→ **EXCERPTED DATA**:

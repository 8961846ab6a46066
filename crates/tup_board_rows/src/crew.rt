//! Boards that crews drain, beside the same ones that one runner drains.
//!
//! Only `main` has what makes threads, so these are no rows.
ghost use Rattle.std.specs.Prelude.{◌≡◌, ◌<◌, ◌≤◌, [], length, IfOk};
ghost use Rattle.tup_board.specs.Board.{plan_of};

use crate::clean::files_in;
use crate::opening::board_over;
use crate::script::add_state;
use crate::shown::drained_words;
use crate::store::site_of;
use std::alloc::Global;
use std::sync::Wait;
use std::thread::Threads;
use tup_board::{Board, BoardParts, Drained};
use tup_core::Plan;
use tup_given::Project;
use tup_mini::Mini;
use tup_parallel::{Drainings, drain_by};
use tup_path::Files;
use tup_rows::{RowFault, Words};
use tup_site::MemSite;

/// How many boards crews drained, and how many of them came to something else than where one runner drained them.
#[derive(Clone, Copy)]
pub(crate) struct Tried {
    pub(crate) boards: u32,
    pub(crate) differ: u32,
}

/// What an update came to with its state, and its files.
#[derive(Drop)]
struct Left {
    words: Words,
    files: Files,
}

/// A project whose board crews drain, and what one runner leaves of it.
#[derive(Drop)]
struct Case {
    project: Project,
    keep_going: bool,
    alone: Left,
}

/// Has crews of several sizes drain the boards of a project whose rules are all Good, and of one with bad rules among them.
pub(crate) fn try_crews<W: Threads + Wait + Sync>(
    rt: &W,
    alloc: Global,
) -> Result<Tried, RowFault> {
    let mut tried = Tried {
        boards: 0,
        differ: 0,
    };
    match try_both(rt, alloc, &mut tried) {
        Ok(()) => Ok(tried),
        Err(fault) => Err(fault),
    }
}

fn try_both<W: Threads + Wait + Sync>(
    rt: &W,
    alloc: Global,
    tried: &mut Tried,
) -> Result<(), RowFault> {
    try_project(rt, alloc, compiled(alloc), false, tried)?;
    try_project(rt, alloc, mixed(alloc), true, tried)
}

/// One runner drains the board of a project, and then crews do.
fn try_project<W: Threads + Wait + Sync>(
    rt: &W,
    alloc: Global,
    project: Project,
    keep_going: bool,
    tried: &mut Tried,
) -> Result<(), RowFault> {
    match left_by_one(alloc, &project, keep_going) {
        Ok(alone) => {
            let case = Case {
                project,
                keep_going,
                alone,
            };
            try_case(rt, alloc, case, tried)
        }
        Err(fault) => {
            drop(project);
            Err(fault)
        }
    }
}

fn try_case<W: Threads + Wait + Sync>(
    rt: &W,
    alloc: Global,
    case: Case,
    tried: &mut Tried,
) -> Result<(), RowFault> {
    let done = try_sizes(rt, alloc, &case, tried);
    drop(case);
    done
}

/// Crews of these sizes drain the board of a project.
fn try_sizes<W: Threads + Wait + Sync>(
    rt: &W,
    alloc: Global,
    case: &Case,
    tried: &mut Tried,
) -> Result<(), RowFault> {
    try_size(rt, alloc, case, 1, tried)?;
    try_size(rt, alloc, case, 2, tried)?;
    try_size(rt, alloc, case, 4, tried)?;
    try_size(rt, alloc, case, 16, tried)
}

/// A crew of this size drains the board of a project.
fn try_size<W: Threads + Wait + Sync>(
    rt: &W,
    alloc: Global,
    case: &Case,
    count: u32,
    tried: &mut Tried,
) -> Result<(), RowFault>
    requires { (0 < count) × (count ≤ 16) }
{
    match left_by(rt, alloc, &case.project, case.keep_going, count) {
        Ok(other) => {
            note_board(tried, are_alike(&case.alone, &other));
            drop(other);
            Ok(())
        }
        Err(fault) => Err(fault),
    }
}

/// Counts a board that a crew drained.
fn note_board(tried: &mut Tried, is_alike: bool) {
    tried.boards = tried.boards.saturating_add(1);
    if !is_alike {
        tried.differ = tried.differ.saturating_add(1);
    }
}

fn are_alike(one: &Left, other: &Left) -> bool {
    one.words.as_slice() == other.words.as_slice() && one.files == other.files
}

/// What an update by one runner leaves.
fn left_by_one(alloc: Global, project: &Project, keep_going: bool) -> Result<Left, RowFault> {
    match opened(alloc, project) {
        Ok(site) => left_over(alloc, site, keep_going),
        Err(fault) => Err(fault),
    }
}

/// The same over a site.
fn left_over(alloc: Global, site: MemSite, keep_going: bool) -> Result<Left, RowFault> {
    match board_over(alloc, site, keep_going) {
        Ok((board, plan)) => drained(alloc, board, plan),
        Err(fault) => Err(fault),
    }
}

fn drained(alloc: Global, mut board: Board<MemSite, Mini>, plan: Plan) -> Result<Left, RowFault>
    requires plan { plan ≡ plan_of board }
    requires none { board.history ≡ [] }
{
    let drained = board.drain(alloc, &plan, &mut Mini::new(alloc));
    drop(plan);
    outcome(alloc, drained, board.into_parts())
}

/// What an update by so many runners leaves.
fn left_by<W: Threads + Wait + Sync>(
    rt: &W,
    alloc: Global,
    project: &Project,
    keep_going: bool,
    count: u32,
) -> Result<Left, RowFault>
    requires { (0 < count) × (count ≤ 16) }
{
    match opened(alloc, project) {
        Ok(site) => left_over_by(rt, alloc, site, keep_going, count),
        Err(fault) => Err(fault),
    }
}

/// The same over a site.
fn left_over_by<W: Threads + Wait + Sync>(
    rt: &W,
    alloc: Global,
    site: MemSite,
    keep_going: bool,
    count: u32,
) -> Result<Left, RowFault>
    requires { (0 < count) × (count ≤ 16) }
{
    match board_over(alloc, site, keep_going) {
        Ok((board, plan)) => crewed(rt, alloc, board, plan, count),
        Err(fault) => Err(fault),
    }
}

/// The same at a board at which nothing happened yet.
fn crewed<W: Threads + Wait + Sync>(
    rt: &W,
    alloc: Global,
    board: Board<MemSite, Mini>,
    plan: Plan,
    count: u32,
) -> Result<Left, RowFault>
    requires plan { plan ≡ plan_of board }
    requires none { board.history ≡ [] }
    requires count { (0 < count) × (count ≤ 16) }
{
    let found = drained_by(rt, alloc, board, &plan, count);
    drop(plan);
    found
}

fn drained_by<W: Threads + Wait + Sync>(
    rt: &W,
    alloc: Global,
    board: Board<MemSite, Mini>,
    plan: &Plan,
    count: u32,
) -> Result<Left, RowFault>
    requires plan { plan.now ≡ plan_of board }
    requires none { board.history ≡ [] }
    requires count { (0 < count) × (count ≤ 16) }
{
    match runners(alloc, count) {
        Ok(crew) => left_of(alloc, drain_by(rt, alloc, board, plan, crew)),
        Err(fault) => {
            drop(board);
            Err(fault)
        }
    }
}

fn left_of(alloc: Global, drainings: Drainings<MemSite, Mini>) -> Result<Left, RowFault> {
    let Drainings {
        board,
        crew,
        drained,
    } = drainings;
    drop(crew);
    outcome(alloc, drained, board.into_parts())
}

/// So many runners.
fn runners(alloc: Global, count: u32) -> Result<Vec<Mini>, RowFault>
    ensures { IfOk result (λ crew. length crew.items ≡ count) }
{
    let mut crew = Vec::new(alloc);
    for _ in 0..count {
        let Ok(()) = crew.push(Mini::new(alloc)) else {
            return Err(RowFault::Memory);
        };
    }
    Ok(crew)
}

/// What an update came to, and what it left.
fn outcome(
    alloc: Global,
    drained: Drained,
    mut parts: BoardParts<MemSite>,
) -> Result<Left, RowFault> {
    let found = left_in(alloc, drained, &mut parts);
    drop(parts);
    found
}

fn left_in(
    alloc: Global,
    drained: Drained,
    parts: &mut BoardParts<MemSite>,
) -> Result<Left, RowFault> {
    match files_in(alloc, &mut parts.site) {
        Ok(files) => Ok(Left {
            words: state_words(alloc, drained, parts),
            files,
        }),
        Err(fault) => Err(fault),
    }
}

/// What an update came to, and the state that it left.
fn state_words(alloc: Global, drained: Drained, parts: &BoardParts<MemSite>) -> Words {
    let mut words = drained_words(alloc, drained);
    add_state(alloc, &mut words, parts);
    words
}

/// The site of a project of four rules at the opening of an update that runs them all.
fn opened(alloc: Global, project: &Project) -> Result<MemSite, RowFault> {
    match site_of(alloc, project, &[0, 1, 2, 3]) {
        Ok(site) => Ok(site.into_site()),
        Err(fault) => Err(fault),
    }
}

/// Three files are compiled, two of them with a header, and joined.
fn compiled(alloc: Global) -> Project {
    let mut project = Project::new(alloc);
    source(alloc, &mut project, "inc/a.h", "#define A\n");
    source(
        alloc,
        &mut project,
        "lib/a.c",
        "#include \"../inc/a.h\"\nint a;\n",
    );
    source(
        alloc,
        &mut project,
        "src/m.c",
        "#include \"../inc/a.h\"\nint m;\n",
    );
    source(alloc, &mut project, "src/n.c", "int n;\n");
    let objects = "lib/a.o src/m.o src/n.o";
    rule(
        alloc,
        &mut project,
        ".",
        "cat lib/a.o src/m.o src/n.o > app",
        objects,
        "app",
    );
    rule(
        alloc,
        &mut project,
        "lib",
        "incl a.c a.o",
        "lib/a.c",
        "lib/a.o",
    );
    rule(
        alloc,
        &mut project,
        "src",
        "incl m.c m.o",
        "src/m.c",
        "src/m.o",
    );
    rule(
        alloc,
        &mut project,
        "src",
        "incl n.c n.o",
        "src/n.c",
        "src/n.o",
    );
    project
}

/// A good rule, one that reads its output unasked, one that fails, and one that writes what it may not.
fn mixed(alloc: Global) -> Project {
    let mut project = Project::new(alloc);
    source(alloc, &mut project, "a", "x");
    rule(alloc, &mut project, ".", "cp a g", "a", "g");
    rule(alloc, &mut project, ".", "cat a g > h", "a", "h");
    rule(alloc, &mut project, ".", "fail 3", "", "c");
    rule(alloc, &mut project, ".", "cp a b && cp a d", "a", "b");
    project
}

fn source(alloc: Global, project: &mut Project, path: &str, content: &str) {
    let _ = project.add_source(alloc, &said(alloc, &[path, content]));
}

fn rule(
    alloc: Global,
    project: &mut Project,
    folder: &str,
    text: &str,
    inputs: &str,
    outputs: &str,
) {
    let _ = project.add_rule(alloc, &said(alloc, &[folder, text, inputs, "", outputs]));
}

/// These words, as a row has them.
fn said(alloc: Global, words: &[&str]) -> Words {
    let mut said = Words::new(alloc);
    for word in words {
        said.put(alloc, word.as_bytes());
    }
    said
}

→ **THE TASK**: Each line from the one containing "let mut said = Words::new(alloc);" to the end of the records should be echoed exactly, and no other line.

→ **THE ANSWER**:
    let mut said = Words::new(alloc);
    for word in words {
        said.put(alloc, word.as_bytes());
    }
    said
}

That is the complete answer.